Below that threshold, manage clusters individually. The overhead of Fleet Manager is not justified for 1-2 clusters. At 3+, manual coordination of upgrades and deployments becomes error-prone and time-consuming.

When to use Fleet Manager

ScenarioFleet Manager?Why
1-2 clustersNoManual management is fine
3-5 clusters, same appYesCoordinated upgrades save hours
5+ clusters, multi-regionYesEssential for sanity
Multi-tenant platformYesConsistent policy enforcement
Single cluster, multiple node poolsNoJust use AKS directly

Core concepts

Fleet Hub: A lightweight control plane that coordinates member clusters. It does not run your workloads.

Member Clusters: Your existing AKS clusters joined to the fleet. They retain full independence -- Fleet Manager orchestrates, not owns.

Update Runs: Staged upgrade rollouts across clusters in configurable waves.

Update Stages: Groups of clusters upgraded together within an update run.

Creating a fleet

# Create the fleet hub
az fleet create \
--resource-group myRG \
--name myFleet \
--location eastus2

# Join an existing AKS cluster as a member
az fleet member create \
--resource-group myRG \
--fleet-name myFleet \
--name staging-cluster \
--member-cluster-id /subscriptions/<sub>/resourceGroups/<rg>/providers/Microsoft.ContainerService/managedClusters/staging-aks

# Join production cluster
az fleet member create \
--resource-group myRG \
--fleet-name myFleet \
--name prod-eastus \
--member-cluster-id /subscriptions/<sub>/resourceGroups/<rg>/providers/Microsoft.ContainerService/managedClusters/prod-eastus-aks

Update runs: staged upgrades

This is the killer feature. Instead of upgrading all clusters at once and hoping for the best, you define stages that roll out sequentially.
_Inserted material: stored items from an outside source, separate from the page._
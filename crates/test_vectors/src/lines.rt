// Prints the line that the reader gives for each input of the two files.
use console::{next_input, print_summary};
use read_any::{kind_of_letter, summarize};
use std::fs::File;
use std::io;
use std::io::Read;
use std::rt::Files;
use wire::bytes_at;

// Prints the line for the next input of a file: whether there is one.
fn print_next<R: Read>(rt: &impl Print, file: &mut R, bytes: &mut [u8]) -> io::Result<bool> {
    let Some(input) = next_input(file, bytes)? else {
        return Ok(false);
    };
    let Some(kind) = kind_of_letter(input.letter) else {
        return Ok(false);
    };
    print_summary(rt, summarize(kind, bytes_at(bytes, 0, input.length)))?;
    Ok(true)
}

// A loop must end, and nothing says that a file does: it counts its turns, up to a number that no file uses up.
fn print_all<R: Read>(rt: &impl Print, file: &mut R, bytes: &mut [u8]) -> io::Result<()> {
    for _ in 0..u64::MAX {
        if !print_next(rt, file, bytes)? {
            break;
        }
    }
    Ok(())
}

fn print_file(rt: &(impl Files + Print), path: &str, bytes: &mut [u8]) -> io::Result<()> {
    let mut file = File::open(rt, path)?;
    print_all(rt, &mut file, bytes)
}

pub fn print_files(rt: &(impl Files + Print), bytes: &mut [u8]) -> io::Result<()> {
    print_file(rt, "vectors.bin", bytes)?;
    print_file(rt, "samples.bin", bytes)
}
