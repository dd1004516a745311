// Writes again each packet and file that is read from the two files. Prints for each kind how many were read, and how many of them
// were written as the same bytes.
use console::next_input;
use output::{Written, same};
use packets::{Link, Packet};
use read_any::{Kind, Message, read};
use std::fs::File;
use std::io;
use std::io::Read;
use std::rt::Files;
use wire::bytes_at;
use write_met::{write_known_met, write_server_met};
use write_packets::write_packet;
use write_part::write_part_met;

#[derive(Clone, Copy)]
struct Tally {
    read: u64,
    same: u64,
}

// A packet of a kind that is a link.
fn write_link(kind: Kind, s: &[u8], p: Packet, out: &mut [u8]) -> Written {
    match kind {
        Kind::ClientLink => write_packet(s, Link::Client, p, out),
        Kind::UdpLink => write_packet(s, Link::Udp, p, out),
        _ => write_packet(s, Link::Server, p, out),
    }
}

// What was read from s as a kind.
fn write_message(kind: Kind, s: &[u8], m: Message, out: &mut [u8]) -> Written {
    match m {
        Message::Packet(p) => write_link(kind, s, p, out),
        Message::KnownMet(k) => write_known_met(s, k, out),
        Message::ServerMet(v) => write_server_met(s, v, out),
        Message::PartMet(p, _) => write_part_met(s, p, out),
    }
}

// Counts the message that is read from the bytes of s, if there is one, and whether it is written as these.
fn tally_message(tally: Tally, kind: Kind, s: &[u8], out: &mut [u8]) -> Tally {
    let Ok(message) = read(kind, s) else {
        return tally;
    };
    let read = tally.read.wrapping_add(1);
    if let Ok(length) = write_message(kind, s, message, out) {
        if same(bytes_at(out, 0, length), s) {
            return Tally {
                read,
                same: tally.same.wrapping_add(1),
            };
        }
    }
    Tally {
        read,
        same: tally.same,
    }
}

// The same for an input that is of the kind, or is not.
fn tally_input(tally: Tally, of_kind: bool, kind: Kind, s: &[u8], out: &mut [u8]) -> Tally {
    if of_kind {
        return tally_message(tally, kind, s, out);
    }
    tally
}

// A loop must end, and nothing says that a file does: it counts its turns, up to a number that no file uses up.
fn tally_inputs<R: Read>(
    tally: Tally,
    file: &mut R,
    letter: u8,
    kind: Kind,
    bytes: &mut [u8],
    out: &mut [u8],
) -> io::Result<Tally> {
    let mut so_far = tally;
    for _ in 0..u64::MAX {
        let Some(input) = next_input(file, bytes)? else {
            return Ok(so_far);
        };
        so_far = tally_input(
            so_far,
            input.letter == letter,
            kind,
            bytes_at(bytes, 0, input.length),
            out,
        );
    }
    Ok(so_far)
}

fn tally_file(
    rt: &impl Files,
    tally: Tally,
    path: &str,
    letter: u8,
    kind: Kind,
    bytes: &mut [u8],
    out: &mut [u8],
) -> io::Result<Tally> {
    let mut file = File::open(rt, path)?;
    tally_inputs(tally, &mut file, letter, kind, bytes, out)
}

fn print_kind(
    rt: &(impl Files + Print),
    name: &str,
    letter: u8,
    kind: Kind,
    bytes: &mut [u8],
    out: &mut [u8],
) -> io::Result<()> {
    let none = Tally { read: 0, same: 0 };
    let made = tally_file(rt, none, "vectors.bin", letter, kind, bytes, out)?;
    let all = tally_file(rt, made, "samples.bin", letter, kind, bytes, out)?;
    println!(rt; "{name}: {} read, {} written the same", all.read, all.same)
}

fn print_links(rt: &(impl Files + Print), bytes: &mut [u8], out: &mut [u8]) -> io::Result<()> {
    print_kind(rt, "server link", b's', Kind::ServerLink, bytes, out)?;
    print_kind(rt, "client link", b'c', Kind::ClientLink, bytes, out)?;
    print_kind(rt, "UDP", b'u', Kind::UdpLink, bytes, out)
}

fn print_met_files(rt: &(impl Files + Print), bytes: &mut [u8], out: &mut [u8]) -> io::Result<()> {
    print_kind(rt, "known.met", b'k', Kind::KnownMet, bytes, out)?;
    print_kind(rt, "server.met", b'v', Kind::ServerMet, bytes, out)?;
    print_kind(rt, "part.met", b'p', Kind::PartMet, bytes, out)
}

pub fn print_written_back(
    rt: &(impl Files + Print),
    bytes: &mut [u8],
    out: &mut [u8],
) -> io::Result<()> {
    print_links(rt, bytes, out)?;
    print_met_files(rt, bytes, out)
}
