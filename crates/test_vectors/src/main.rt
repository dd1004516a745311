// Runs the inputs of two files, made inputs of every kind and what a stock client sent or wrote, through the reader and prints the line
// for each; then writes again what was read, and prints for each kind how much of it came out as the same bytes.

#![tactic(auto)]

use lines::print_files;
use std::io;
use written_back::print_written_back;

mod lines;
mod written_back;

fn main(rt: HostRuntime) -> io::Result<()> {
    let mut bytes = [0u8; 65536];
    let mut out = [0u8; 65536];
    print_files(&rt, &mut bytes)?;
    print_written_back(&rt, &mut bytes, &mut out)
}
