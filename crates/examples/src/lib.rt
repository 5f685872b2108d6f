//! The worked examples as one proved statement, and examples of each layer, run as tests.
#![tactic(auto)]

#[cfg(test)]
mod clauses;
#[cfg(test)]
mod inventories;
#[cfg(test)]
mod lattices;
#[cfg(test)]
mod office;
#[cfg(test)]
mod scripts;
pub mod table;
#[cfg(test)]
mod words;
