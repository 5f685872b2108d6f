//! The worked examples as one proved statement.
ghost use Rattle.examples.specs.Worked.{WorkedExamples};

/// Meets and joins, both policies judged, labels and paths: each row of the table holds by the definitions.
/// It does nothing: a caller learns the fact.
pub fn worked_examples_hold()
    ensures { WorkedExamples }
{}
Example strategy: staging -> prod-region1 -> prod-region2

# Create update run with stages
az fleet updaterun create \
--resource-group myRG \
--fleet-name myFleet \
--name upgrade-to-128 \
--upgrade-type Full \
--kubernetes-version 1.28.5 \
--stages @stages.json

The stages.json defines the rollout order:

{
"stages": [
{
"name": "staging",
"groups": [
{ "name": "staging-group" }
],
"afterStageWaitInSeconds": 3600
},
{
"name": "prod-wave1",
"groups": [
{ "name": "prod-eastus-group" }
],
"afterStageWaitInSeconds": 3600
},
{
"name": "prod-wave2",
"groups": [
{ "name": "prod-westus-group" }
]
}
]
}
Start with fleet-level upgrade orchestration

That alone justifies Fleet Manager. The ability to stage upgrades across clusters with automatic wait periods between stages eliminates the most dangerous operational task in multi-cluster environments. Multi-cluster networking is a bonus feature on top of that.

Update strategies

Define reusable upgrade strategies instead of recreating stages for every update run:

az fleet updatestrategy create \
--resource-group myRG \
--fleet-name myFleet \
--name standard-rollout \
--stages @stages.json

Then reference the strategy in update runs. This gives you consistent, repeatable upgrade patterns.

Auto-upgrade profiles

Instead of triggering update runs manually, Fleet Manager can automatically keep member clusters upgraded using auto-upgrade profiles.

ChannelBehavior
StableUpgrades to N-1 minor version after GA+30 days
RapidUpgrades to latest GA minor version immediately
NodeImageUpgrades node OS images only
TargetKubernetesVersion (preview)Upgrades to a specific K8s version you define

Auto-upgrade profiles use the same UpdateStrategy staging logic, so clusters upgrade in the order you defined (staging -> prod-wave1 -> prod-wave2).

Pair auto-upgrade profiles with update strategies

Set the fleet auto-upgrade profile to Stable and reference your standard-rollout update strategy. This gives you hands-off staged upgrades across your entire fleet -- staging upgrades first, then prod regions in sequence.

Multi-cluster services (preview)

Fleet Manager can expose Kubernetes Services across member clusters using L4 multi-cluster load balancing. Traffic from one cluster can reach pods in another cluster.

Use cases:

  • Active-active deployments where any cluster can serve any request
  • Gradual traffic shifting during migrations
  • Cross-cluster service discovery
Multi-cluster networking adds complexity

Do not enable multi-cluster services unless you have a clear need. It introduces cross-cluster network dependencies that complicate debugging. Most teams only need coordinated upgrades.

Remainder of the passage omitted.